//! A checkpoint that finds a gate that waits to be mended, and nothing to make away with.
use super::does;
use super::faults::leaves;
use crate::asserts::{holds, is_end, is_kept, is_number, is_outcome};
use crate::bytes::EMPTY;
use crate::making::{desire, disk_in, disk_of, kept, loaded};
use bbs_board::Board;
use bbs_model::{CallFault, Command};
use disk_trait::{Area, Disk};
use std::alloc::Global;
use std::process::Abort;
use std::test::Fail;

// How many checkpoints fail, and the disk's clock behind them.
type Failures = (u32, u64);

// A checkpoint closes the gate by two device calls, the next finds nothing to do, and a transition has no gate to
// close before its own four calls.
fn goes_on<D: Disk>(rt: &impl Abort, board: &mut Board<D>, next: Command, clock: u64) {
    for _ in 0..2u32 {
        is_outcome(rt, board.checkpoint(), Ok(()));
        is_number(rt, board.clock(), clock.saturating_add(2));
        is_kept(rt, board.kept_in(), kept(Area::A, 1, 0));
    }
    holds(rt, does(board, next));
    is_number(rt, board.clock(), clock.saturating_add(6));
}

// The first transition fails at its gate, and so does closing that. Checkpoints that fail are told, and add no doubt.
fn is_mended<D: Disk + Drop>(
    rt: &impl Abort,
    mut board: Board<D>,
    commands: &[Command; 2],
    (failures, clock): Failures,
) -> D {
    is_end(
        rt,
        board.call(1, commands[0]),
        Err(CallFault::Disk { place: 0 }),
    );
    for _ in 0..failures {
        is_outcome(rt, board.checkpoint(), Err(CallFault::Disk { place: 1 }));
    }
    is_number(rt, board.place(), 1);
    is_number(rt, board.clock(), clock);
    goes_on(rt, &mut board, commands[1], clock);
    disk_in(board)
}

fn mends(rt: &impl Abort, alloc: Global, failing: &[u64], failures: Failures) -> Result<(), Fail> {
    let commands = [desire(b'm', 1)?, desire(b'n', 1)?];
    let board = loaded(alloc, disk_of(alloc, &EMPTY, b"", failing)?)?;
    let mut disk = is_mended(rt, board, &commands, failures);
    leaves(rt, alloc, &mut disk, Area::A, b"n")
}

#[test]
fn a_checkpoint_mends_what_waits_also_where_there_is_nothing_else_to_do(
    rt: HostRuntime,
) -> Result<(), Fail> {
    // The gate is written in call 10 and synced in 11. Two calls close it, in the same call of the board and in each
    // checkpoint until one succeeds.
    let table: [(&[u64], Failures); 6] = [
        (&[10, 11], (0, 11)),
        (&[11, 12], (0, 12)),
        (&[11, 13], (0, 13)),
        (&[10, 11, 12], (1, 12)),
        (&[11, 12, 14], (1, 14)),
        (&[10, 11, 12, 13], (2, 13)),
    ];
    for (failing, failures) in table {
        mends(&rt, rt.alloc(), failing, failures)?;
    }
    Ok(())
}
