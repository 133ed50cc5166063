//! A stop within each device call of a checkpoint.
use super::back::gone_back;
use super::heads::BEFORE;
use super::life::{FULL_CALLS, area_with, lived};
use super::{CALLS, checkpointed};
use crate::asserts::{holds, is_kept_at, is_number, is_number_at};
use crate::making::{Opened, copy_of, disk_of, found, found_in, kept, loaded};
use bbs_model::Rows;
use disk_trait::{Area, Disk, MemoryDisk, Torn};
use std::alloc::Global;
use std::process::Abort;
use std::test::Fail;

/// What is found after a stop within that call.
pub fn left(
    rt: &impl Abort,
    alloc: Global,
    disk: &MemoryDisk,
    call: u64,
    torn: Torn,
) -> Result<Opened, Fail> {
    holds(rt, call <= disk.clock());
    let (a, b) = disk.image(alloc, call, torn)?;
    found_in(alloc, &a, &b)
}

fn are_equal(rt: &impl Abort, rows: &Rows, others: &Rows) {
    holds(rt, rows.desired.items() == others.desired.items());
    holds(rt, rows.actual.items() == others.actual.items());
    holds(rt, rows.tasks.items() == others.tasks.items());
    holds(rt, rows.cells.items() == others.cells.items());
    is_number(rt, rows.next, others.next);
}

// After a stop at which so many calls were left.
fn is_area_at(rt: &impl Abort, left_over: u64, got: Area, wanted: Area) {
    assert_eq!(rt; got, wanted, "{left_over} calls were left");
}

pub const TORN: [Torn; 3] = [Torn::Old, Torn::New, Torn::Byte(7)];

// The call within which a stop was, how many were left then, and what was torn.
type Stop = (u64, u64, Torn);

// What a stop leaves has these rows, in the new area where that is open.
fn has_rows(
    rt: &impl Abort,
    left: &Opened,
    (_call, left_over, torn): Stop,
    (old, new): (Area, Area),
    rows: &Rows,
) {
    // The last two calls open the new one.
    let is_open = left_over < 2 && !matches!(torn, Torn::Old);
    let area = if is_open { new } else { old };
    is_area_at(rt, left_over, left.kept.area, area);
    are_equal(rt, &left.rows, rows);
}

fn leaves_rows(
    rt: &impl Abort,
    alloc: Global,
    disk: &MemoryDisk,
    stop: Stop,
    areas: (Area, Area),
    rows: &Rows,
) -> Result<(), Fail> {
    let left = left(rt, alloc, disk, stop.0, stop.2)?;
    has_rows(rt, &left, stop, areas, rows);
    Ok(())
}

// A stop within each of the last so many calls leaves these rows in one of the areas.
fn leaves(
    rt: &impl Abort,
    alloc: Global,
    disk: &MemoryDisk,
    calls: u64,
    areas: (Area, Area),
    rows: &Rows,
) -> Result<(), Fail> {
    let end = disk.clock();
    for left_over in 0..calls {
        for torn in TORN {
            let call = end.saturating_sub(left_over);
            leaves_rows(rt, alloc, disk, (call, left_over, torn), areas, rows)?;
        }
    }
    Ok(())
}

fn takes_calls(rt: &impl Abort, disk: &MemoryDisk, calls: u64) {
    is_number(rt, disk.clock(), CALLS.saturating_add(calls));
}

// A checkpoint beside such an area B makes so many calls, and a stop within each leaves its rows.
fn leaves_beside(
    rt: &impl Abort,
    alloc: Global,
    other: &[u8],
    calls: u64,
    rows: &Rows,
) -> Result<(), Fail> {
    let board = loaded(alloc, disk_of(alloc, &BEFORE, other, &[])?)?;
    let disk = checkpointed(rt, board);
    takes_calls(rt, &disk, calls);
    leaves(rt, alloc, &disk, calls, (Area::A, Area::B), rows)
}

fn leaves_beside_each(rt: &impl Abort, alloc: Global, rows: &Rows) -> Result<(), Fail> {
    leaves_beside(rt, alloc, b"", 8, rows)?;
    // An area of one byte is none, whatever that byte is.
    leaves_beside(rt, alloc, b"\x07", 8, rows)?;
    // A closed gate isn't written again, so that nothing may open what stands behind it.
    leaves_beside(rt, alloc, b"\x00", 6, rows)?;
    let mut closed = BEFORE;
    closed[0] = 0;
    leaves_beside(rt, alloc, &closed, 6, rows)
}

#[test]
fn a_stop_in_a_checkpoint_leaves_the_rows_in_one_area(rt: HostRuntime) -> Result<(), Fail> {
    let alloc = rt.alloc();
    let before = found_in(alloc, &BEFORE, b"")?;
    leaves_beside_each(&rt, alloc, &before.rows)
}

// The gate of the area that was left stands open, before the header of the generation before.
fn leaves_back(
    rt: &impl Abort,
    alloc: Global,
    disk: &MemoryDisk,
    after: &Opened,
) -> Result<(), Fail> {
    is_number(rt, after.rows.next, 11);
    leaves(rt, alloc, disk, 8, (Area::B, Area::A), &after.rows)
}

fn stop_back(rt: &impl Abort, alloc: Global, disk: &MemoryDisk) -> Result<(), Fail> {
    let after = found(alloc, copy_of(alloc, disk)?)?;
    leaves_back(rt, alloc, disk, &after)
}

#[test]
fn a_stop_in_a_checkpoint_back_leaves_the_rows_in_one_area(rt: HostRuntime) -> Result<(), Fail> {
    let alloc = rt.alloc();
    let old = area_with(&rt, alloc, 10)?;
    let disk = gone_back(&rt, alloc, &old)?;
    stop_back(&rt, alloc, &disk)
}

// Where a stop within that call leaves the board, and after how many transitions. The checkpoint is made in
// calls 9 to 16, of which the last two open the new area, and the frame is stored in calls 17 to 20.
fn is_left_there(rt: &impl Abort, left: &Opened, call: u64, torn: Torn) {
    let is_old = matches!(torn, Torn::Old);
    let (place, next) = if call < 15 || call < 17 && is_old {
        (kept(Area::A, 1, 4096), 4096)
    } else if call < 19 || is_old {
        (kept(Area::B, 2, 0), 4096)
    } else {
        (kept(Area::B, 2, 1), 4097)
    };
    is_kept_at(rt, call, left.kept, place);
    is_number_at(rt, call, left.rows.next, next);
}

fn leaves_one(rt: &impl Abort, alloc: Global, disk: &MemoryDisk) -> Result<(), Fail> {
    is_number(rt, disk.clock(), FULL_CALLS + 12);
    for call in 9..21u64 {
        for torn in TORN {
            let left = left(rt, alloc, disk, call, torn)?;
            is_left_there(rt, &left, call, torn);
        }
    }
    Ok(())
}

#[test]
fn a_stop_in_a_call_that_makes_a_checkpoint_leaves_one_board(rt: HostRuntime) -> Result<(), Fail> {
    let alloc = rt.alloc();
    let area = area_with(&rt, alloc, 4096)?;
    let disk = lived(&rt, alloc, &area, &[(4097, kept(Area::B, 2, 1))])?;
    leaves_one(&rt, alloc, &disk)
}
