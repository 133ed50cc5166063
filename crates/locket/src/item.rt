//! What a locket puts into its log.
ghost use Rattle.std.specs.Prelude.{◌≡◌};

use crate::bytes::put_lock_command;
use crate::command::LockCommand;
use payload_log::{Entry, Payload};

/// A command that was done, or that is in doubt since the disk failed.
pub type LockItem = Entry<LockCommand>;

impl Payload for LockCommand {
    ghost use Rattle.locket.specs.Bytes.{lock_spelled};

    ghost spelling = { lock_spelled };

    fn put(&self, out: &mut [u8; 512]) -> usize {
        put_lock_command(out, self)
    }
}
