//! A board of the first version, which the first legal command moves to an area of the second.
use super::faults::{doubts, leaves, offers};
use super::stops::{TORN, left};
use super::{CALLS, does};
use crate::asserts::{are_bytes, is_end, is_kept, is_kept_at, is_number, is_number_at, is_outcome};
use crate::bytes::{OLD_EMPTY, OLD_STORED};
use crate::making::{Opened, at, desire, disk_in, disk_of, kept, loaded, wanted};
use bbs_board::Board;
use bbs_model::{BoardRefusal, Command, Op, Reply};
use diego_names::Name;
use disk_trait::{Area, Disk, MemoryDisk, Torn};
use lrp_records::Desired;
use std::alloc::Global;
use std::panic::Expect;
use std::process::Abort;
use std::test::Fail;

// The area of generation 2 with the row of the desire that was there, and the frame of the new one.
const MOVED: [u8; 110] = *b"\x01DIEGOBBS\x00\x02\x00\x00\x00\x00\x00\x00\x00\x02\
\x00\x00\x00\x35\x00\x00\x00\x00\x00\x00\x00\x01\
\x00\x00\x00\x01\x00\x00\x00\x00\x00\x00\x00\x00\x00\x00\x00\x00\x00\x00\x00\x00\
\x03web\x04apps\x00\x00\x00\x03\x00\x00\x00\x40\x00\x00\x00\x80\x00\x00\x1f\x90\
\x01\x00\x1e\x01\x00\x00\x00\x00\x03two\x04apps\x00\x00\x00\x03\x00\x00\x00\x40\x00\x00\x00\x80\
\x00\x00\x1f\x90\x00";

// The same without that row and that frame.
const BARE: [u8; 52] = *b"\x01DIEGOBBS\x00\x02\x00\x00\x00\x00\x00\x00\x00\x02\
\x00\x00\x00\x1c\x00\x00\x00\x00\x00\x00\x00\x00\x00\x00\x00\x00\x00\x00\x00\x00\x00\x00\x00\x00\
\x00\x00\x00\x00\x00\x00\x00\x00\x00";

fn desire_of(process: &[u8]) -> Result<Command, Fail> {
    let desired = wanted(process, b"apps", 3)?;
    Ok(at(0, Op::Desire { desired }))
}

fn two_of(rt: &impl Abort) -> Command {
    let desired = Desired {
        process: Name::read(b"two").expect(rt, "a name"),
        domain: Name::read(b"apps").expect(rt, "a name"),
        instances: 3,
        memory: 64,
        disk: 128,
        tag: None,
        route: None,
        port: 8080,
    };
    at(0, Op::Desire { desired })
}

// That the process of this desire is wanted no more.
fn end_of(desire: &Command) -> Command {
    match desire.op {
        Op::Desire { desired } => {
            let process = desired.process;
            at(0, Op::Undesire { process })
        }
        _ => *desire,
    }
}

// A refusal leaves the board in its area, and the command after it moves it.
fn moves<D: Disk + Drop>(rt: &impl Abort, mut board: Board<D>) -> D {
    let two = two_of(rt);
    let why = BoardRefusal::Unknown;
    is_end(
        rt,
        board.call(1, end_of(&two)),
        Ok(Reply::Refused { why, place: 0 }),
    );
    is_kept(rt, board.kept_in(), kept(Area::A, 1, 1));
    is_number(rt, board.clock(), CALLS);
    is_end(rt, board.call(1, two), Ok(Reply::Ok { place: 0, stamp: 1 }));
    is_kept(rt, board.kept_in(), kept(Area::B, 2, 1));
    is_number(rt, board.clock(), CALLS + 12);
    disk_in(board)
}

fn has_areas(rt: &impl Abort, disk: &MemoryDisk, a: &[u8], b: &[u8]) {
    are_bytes(rt, disk.bytes(Area::A), a);
    are_bytes(rt, disk.bytes(Area::B), b);
}

#[test]
fn the_first_legal_command_moves_an_old_board(rt: HostRuntime) -> Result<(), Fail> {
    let alloc = rt.alloc();
    let board = loaded(alloc, disk_of(alloc, &OLD_STORED, b"", &[])?)?;
    let disk = moves(&rt, board);
    has_areas(&rt, &disk, &OLD_STORED, &MOVED);
    Ok(())
}

// A checkpoint moves an old board without frames, and finds nothing to do then.
fn moves_bare<D: Disk + Drop>(rt: &impl Abort, mut board: Board<D>) -> D {
    is_outcome(rt, board.checkpoint(), Ok(()));
    is_kept(rt, board.kept_in(), kept(Area::B, 2, 0));
    is_outcome(rt, board.checkpoint(), Ok(()));
    is_number(rt, board.clock(), CALLS + 8);
    disk_in(board)
}

#[test]
fn a_checkpoint_moves_an_old_board_without_frames(rt: HostRuntime) -> Result<(), Fail> {
    let alloc = rt.alloc();
    let board = loaded(alloc, disk_of(alloc, &OLD_EMPTY, b"", &[])?)?;
    let disk = moves_bare(&rt, board);
    has_areas(&rt, &disk, &OLD_EMPTY, &BARE);
    Ok(())
}

// Where a stop within that call leaves the board, and after how many transitions. The checkpoint is made in
// calls 8 to 15, of which the last two open the new area, and the frame is stored in calls 16 to 19.
fn is_left_there(rt: &impl Abort, left: &Opened, frames: u64, call: u64, torn: Torn) {
    let is_old = matches!(torn, Torn::Old);
    let (place, next) = if call < 14 || call < 16 && is_old {
        (kept(Area::A, 1, frames), frames)
    } else if call < 18 || is_old {
        (kept(Area::B, 2, 0), frames)
    } else {
        (kept(Area::B, 2, 1), frames.saturating_add(1))
    };
    is_kept_at(rt, call, left.kept, place);
    is_number_at(rt, call, left.rows.next, next);
}

fn leaves_one(rt: &impl Abort, alloc: Global, disk: &MemoryDisk, frames: u64) -> Result<(), Fail> {
    is_number(rt, disk.clock(), CALLS + 12);
    for call in 8..20u64 {
        for torn in TORN {
            let left = left(rt, alloc, disk, call, torn)?;
            is_left_there(rt, &left, frames, call, torn);
        }
    }
    Ok(())
}

fn moved<D: Disk + Drop>(rt: &impl Abort, mut board: Board<D>, command: Command) -> D {
    is_number(rt, does(&mut board, command) as u64, 1);
    disk_in(board)
}

// A stop within each call by which an old area with so many frames is left.
fn stop_in(rt: &impl Abort, alloc: Global, area: &[u8], frames: u64) -> Result<(), Fail> {
    let command = desire_of(b"two")?;
    let board = loaded(alloc, disk_of(alloc, area, b"", &[])?)?;
    let disk = moved(rt, board, command);
    leaves_one(rt, alloc, &disk, frames)
}

#[test]
fn a_stop_while_an_old_board_moves_leaves_one_board(rt: HostRuntime) -> Result<(), Fail> {
    stop_in(&rt, rt.alloc(), &OLD_STORED, 1)?;
    stop_in(&rt, rt.alloc(), &OLD_EMPTY, 0)
}

fn fails(
    rt: &impl Abort,
    alloc: Global,
    area: &[u8],
    failing: &[u64],
    names: &[u8],
) -> Result<(), Fail> {
    let doubt = desire(b'm', 1)?;
    let offers = offers()?;
    let board = loaded(alloc, disk_of(alloc, area, b"", failing)?)?;
    let (mut disk, done) = doubts(rt, board, doubt, &offers);
    let mut all = vec![in alloc; done]?;
    all.extend_from_slice(names)?;
    leaves(rt, alloc, &mut disk, Area::B, &all)
}

#[test]
fn an_old_board_that_failed_to_move_goes_on(rt: HostRuntime) -> Result<(), Fail> {
    let alloc = rt.alloc();
    for call in CALLS + 1..CALLS + 13 {
        fails(&rt, alloc, &OLD_STORED, &[call], b"web")?;
        fails(&rt, alloc, &OLD_STORED, &[call, call + 1], b"web")?;
        fails(&rt, alloc, &OLD_EMPTY, &[call], b"")?;
    }
    Ok(())
}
^^^^^^^^^^^^^^^^
**YOUR TASK**. Everything in the material above from the line that has "is_number(rt, disk.clock(), FULL_CALLS" through the line that has "use std::panic::Expect;" must be duplicated exactly, with no other lines given.

**SOLUTION FOR THIS PROBLEM**.
    is_number(rt, disk.clock(), FULL_CALLS + 12);
    for call in 9..21u64 {
        for torn in TORN {
            let left = left(rt, alloc, disk, call, torn)?;
            is_left_there(rt, &left, call, torn);
        }
    }
    Ok(())
}

#[test]
fn a_stop_in_a_call_that_makes_a_checkpoint_leaves_one_board(rt: HostRuntime) -> Result<(), Fail> {
    let alloc = rt.alloc();
    let area = area_with(&rt, alloc, 4096)?;
    let disk = lived(&rt, alloc, &area, &[(4097, kept(Area::B, 2, 1))])?;
    leaves_one(&rt, alloc, &disk)
}
repository 133ed50cc5166063
filename crates/locket/src/item.rt
//! What a locket puts into its log.
ghost use Rattle.std.specs.Prelude.{◌≡◌};

use crate::bytes::put_lock_command;
use crate::command::LockCommand;
use payload_log::{Entry, Payload};

/// A command that was done, or that is in doubt since the disk failed.
pub type LockItem = Entry<LockCommand>;

impl Payload for LockCommand {
    ghost use Rattle.locket.specs.Bytes.{lock_spelled};

    ghost spelling = { lock_spelled };

    fn put(&self, out: &mut [u8; 512]) -> usize {
        put_lock_command(out, self)
    }
}
//! A board of the first version, which the first legal command moves to an area of the second.
use super::faults::{doubts, leaves, offers};
use super::stops::{TORN, left};
use super::{CALLS, does};
use crate::asserts::{are_bytes, is_end, is_kept, is_kept_at, is_number, is_number_at, is_outcome};
use crate::bytes::{OLD_EMPTY, OLD_STORED};
use crate::making::{Opened, at, desire, disk_in, disk_of, kept, loaded, wanted};
use bbs_board::Board;
use bbs_model::{BoardRefusal, Command, Op, Reply};
use diego_names::Name;
use disk_trait::{Area, Disk, MemoryDisk, Torn};
use lrp_records::Desired;
use std::alloc::Global;
use std::panic::Expect;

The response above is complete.